Posted by Rampant Coyote on February 27, 2018

Blood Creek Witch, my new novel from Immortal Works Press, is releasing in two weeks, on March 13. I’m naturally pretty excited. One day, perhaps, I will be jaded to having a new book release, but today is not that day. And my enthusiasm will only grow between now and March 13th.

Cooler still, the Kindle eBook is available NOW for pre-order on Amazon!

Blood Creek Witch by Jay Barnson

Deep in the Appalachian Mountains, a monstrous evil rises, and the only one who can stand against it is a teen-aged witch who doesn’t believe in magic.
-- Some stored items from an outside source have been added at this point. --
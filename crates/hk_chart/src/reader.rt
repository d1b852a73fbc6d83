//! Reads a trace byte by byte.
ghost use Rattle.std.specs.Prelude.{◌≡◌, ◌≢◌, ◌≤◌, ◌+◌, ◌<◌, ◌++◌, ◌∷◌, [], length, Ok, Err, None, IfOk, OnOk, IsErrOf};
ghost use Rattle.std.specs.Io.KnownBytes.{IsAtEnd};
ghost use Rattle.hk_io.specs.Faults.{Rose};
ghost use Rattle.hk_chart.specs.Reading.{opening_reader, after_end_of_line, after_byte, finished, at_end, IsAnswer, IsCounted, HasTaken, HasRead};

use crate::chart::Chart;
use crate::shape::MAX_SHAPES;
use crate::text::Text;
use crate::window::Window;
use hk_io::{Failed, LINE_ROOM, Source};
use std::alloc::{AllocError, Global};

/// The most bytes of a trace.
pub const MAX_BYTES: u64 = 4_294_967_296;

/// How many bytes are read at once.
const PIECE: usize = 65_536;

/// Why there is no picture.
#[derive(Clone, Copy, Debug, PartialEq, Eq)]
pub enum Stop {
    /// No trace has this line there. Lines are counted from 1.
    Line(u64),
    /// There are too many bytes, or the picture has too many shapes.
    Long,
}

/// Why there is no picture of an input.
#[derive(Clone, Copy, Debug, PartialEq, Eq)]
pub enum ReadFault {
    Stop(Stop),
    /// A read failed.
    Failed,
    /// There was no memory.
    Memory,
}

/// A trace that is read: the picture so far, the bytes of the line that has begun, the lines before it, and the bytes.
#[derive(Drop)]
pub struct Reader {
    chart: Chart,
    line: Text,
    lines: u64,
    bytes: u64,
}

impl Reader {
    /// Nothing was read.
    fn new(alloc: Global) -> Reader
        ensures { result ≡ opening_reader }
    {
        Reader {
            chart: Chart::opening(alloc),
            line: Text::new(alloc),
            lines: 0,
            bytes: 0,
        }
    }

    /// Takes the newline of a line.
    #[tactic(auto, unfolding(crate::specs::Reading::after_end_of_line))]
    fn end_line(&mut self, alloc: Global, window: Window) -> Result<Option<Stop>, AllocError>
        requires lines { self.old.lines < self.old.bytes }
        requires bytes { self.old.bytes ≤ MAX_BYTES }
        ensures answer { IfOk result (IsAnswer (after_end_of_line window self.old) self.new) }
        ensures lines { self.new.lines ≤ self.old.lines + 1 }
        ensures bytes { self.new.bytes ≡ self.old.bytes }
    {
        if !self.chart.take_line(alloc, window, self.line.bytes())? {
            return Ok(Some(Stop::Line(self.lines + 1)));
        }
        if self.chart.shapes.all().len() > MAX_SHAPES {
            return Ok(Some(Stop::Long));
        }
        self.line.clear();
        self.lines += 1;
        Ok(None)
    }

    /// Takes a byte.
    #[tactic(auto, unfolding(crate::specs::Reading::after_byte))]
    fn take_byte(
        &mut self,
        alloc: Global,
        window: Window,
        byte: u8,
    ) -> Result<Option<Stop>, AllocError>
        requires { IsCounted self.old }
        ensures answer { IfOk result (IsAnswer (after_byte window self.old byte) self.new) }
        ensures counted { IsCounted self.new }
        ensures bytes { IfOk result (λ stop. stop ≡ None → self.new.bytes ≡ self.old.bytes + 1) }
    {
        if self.bytes >= MAX_BYTES {
            return Ok(Some(Stop::Long));
        }
        if byte != b'\n' && self.line.bytes().len() + 1 >= LINE_ROOM {
            return Ok(Some(Stop::Line(self.lines + 1)));
        }
        self.bytes += 1;
        if byte == b'\n' {
            return self.end_line(alloc, window);
        }
        self.line.add_byte(byte)?;
        Ok(None)
    }

    /// Takes some bytes.
    fn take_piece(
        &mut self,
        alloc: Global,
        window: Window,
        piece: &[u8],
    ) -> Result<Option<Stop>, AllocError>
        requires { IsCounted self.old }
        ensures taken { IfOk result (HasTaken window self.old piece.now self.new) }
        ensures counted { IsCounted self.new }
        ensures bytes { IfOk result (λ stop. stop ≡ None → self.new.bytes ≡ self.old.bytes + length piece.now) }
    {
        for byte in piece {
            let stop = self.take_byte(alloc, window, *byte)?;
            match stop {
                Some(why) => return Ok(Some(why)),
                None => {}
            }
        }
        Ok(None)
    }

    /// Takes the end of the input.
    #[tactic(auto, unfolding(crate::specs::Reading::at_end))]
    fn finish(self) -> Result<Chart, ReadFault>
        requires { IsCounted self }
        ensures drawn { IfOk result (λ chart. at_end self ≡ Ok chart) }
        ensures stopped { (stop : Stop) → IsErrOf result (ReadFault.Stop stop) → at_end self ≡ Err stop }
        ensures kept { result ≢ Err ReadFault.Failed }
    {
        let mut chart = self.chart;
        if chart.progress.is_over() && self.line.bytes().is_empty() {
            match chart.shapes.add_bar(chart.current) {
                Ok(()) => Ok(chart),
                Err(AllocError) => Err(ReadFault::Memory),
            }
        } else {
            Err(ReadFault::Stop(Stop::Line(self.lines + 1)))
        }
    }
}

/// Reads a trace to its end, and draws the ticks of a window. Reading stops at the first line that no trace has there, and
/// where there is too much.
pub fn read_chart<S: Source>(
    alloc: Global,
    window: Window,
    source: &mut S,
) -> Result<Chart, ReadFault>
    ensures drawn { IfOk result (λ chart. HasRead window (S.left source.old) (Ok chart)) }
    ensures end { OnOk result (IsAtEnd (S.left source.new)) }
    ensures stopped { (stop : Stop) → IsErrOf result (ReadFault.Stop stop) → HasRead window (S.left source.old) (Err stop) }

    // A read failed, or the count of faults stayed as it was.
    ensures failed { IsErrOf result ReadFault.Failed → Rose (S.faults source.old) (S.faults source.new) }
    ensures kept { ¬ (IsErrOf result ReadFault.Failed) → S.faults source.new ≡ S.faults source.old }
    ensures later { S.faults source.old ≤ S.faults source.new }
{
    let mut reader = Reader::new(alloc);
    let mut piece = [0; PIECE];
    while reader.bytes <= MAX_BYTES {
        match source.read(&mut piece[..]) {
            Ok(0) => return reader.finish(),
            Ok(count) => match reader.take_piece(alloc, window, &piece[..count]) {
                Ok(None) => {}
                Ok(Some(stop)) => return Err(ReadFault::Stop(stop)),
                Err(AllocError) => return Err(ReadFault::Memory),
            },
            Err(Failed) => return Err(ReadFault::Failed),
        }
    }
    Err(ReadFault::Stop(Stop::Long))
}
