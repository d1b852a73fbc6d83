//! Laws of the machine, over its definitions alone.
ghost use Rattle.hk_core.specs.Laws.{BeginKeepsLawful, StepKeepsLawful, LawfulCanStep, LawfulIsLegal, BeginTellsPlain, NewTellsRoom, AnswersFull, ReachedIsKept, NumbersAreFresh, RowsAreSoLong, TakesItsSteps, EndsAtItsLastStep, AnswersItsEntry, RefusedChangesNothing, BeginsAtFirst, BeginsAlone, StaysInRow, StepGoesOn, StepEnds, StepsAlone, RegistersTested, StepsLeaveAlone, InsideStandsApart, InsideKnowsPlace, WritesOwn};

/// Begins and steps keep a lawful state lawful, for the history that they lead to, whatever the call; each reply in that
/// history is the one of the plain heap; a begin is refused for what the plain heap answers; and no seat in flight is ever
/// stuck.
pub fn lawful_states()
    ensures begin { BeginKeepsLawful }
    ensures step { StepKeepsLawful }
    ensures legal { LawfulIsLegal }
    ensures can_step { LawfulCanStep }
    ensures plain { BeginTellsPlain }
{}

/// A call goes through the places of its row one by one: it begins at the first, each step leads to the next, and the
/// step at the last place ends it: the tenth of a Load, the seventh of a Store or a New. A begin that is refused changes nothing, and no begin or step changes the flight of
/// another seat.
pub fn places_in_order()
    ensures refused { RefusedChangesNothing }
    ensures first { BeginsAtFirst }
    ensures begins_alone { BeginsAlone }
    ensures in_row { StaysInRow }
    ensures goes_on { StepGoesOn }
    ensures ends { StepEnds }
    ensures lengths { RowsAreSoLong }
    ensures steps_alone { StepsAlone }
    ensures registers { RegistersTested }
{}

/// While a call is inside an object, no step changes the place in its header, nor a word of it but for the cell that a
/// call inside it writes, and no other kept number, nor a New in flight, has one of its words.
pub fn inside_an_object()
    ensures alone { StepsLeaveAlone }
    ensures apart { InsideStandsApart }
    ensures place { InsideKnowsPlace }
    ensures own { WritesOwn }
{}

/// Whatever others do in between, a call goes on by the steps of its own seat, one place at each, and ends at exactly the
/// last one of its row. By then it has added one entry to the history, and it answers what the entry says.
pub fn steps_of_a_call()
    ensures later { TakesItsSteps }
    ensures ends { EndsAtItsLastStep }
    ensures answers { AnswersItsEntry }
{}

/// A New that is full answers at its last place how many words were used where it found too few, and no other step answers
/// so. It is full exactly where the W0 that it loaded left too few words for its seat, or the W0 that it raised left too
/// few for anybody. That place, and no other, adds to the history that there was no room, which changes nothing of the
/// plain heap.
pub fn news_without_room()
    ensures tells { NewTellsRoom }
    ensures answers { AnswersFull }
{}

/// Every birth that can be reached is kept, and a New is given no number that is in use.
pub fn fresh_numbers()
    ensures kept { ReachedIsKept }
    ensures fresh { NumbersAreFresh }
{}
Grieving and lost after the deaths of her parents, Jenny Morgan comes to Maple Bend, West Virginia, to live with an aunt she has never met. Once there, Jenny is confronted with an unbelievable family heritage of witchcraft and magic – which she at first dismisses as old-fashioned superstitions. However, once her new home is threatened by horrors of myth and folklore, her aunt’s stories become impossible to ignore.

Now Jenny and three companions–each with dark secrets of their own–may be the only ones capable of stopping the growing evil, but only if Jenny will embrace her arcane heritage. But by wielding her power, she may attract the attention of something very sinister–the immortal entity her parents died protecting her from.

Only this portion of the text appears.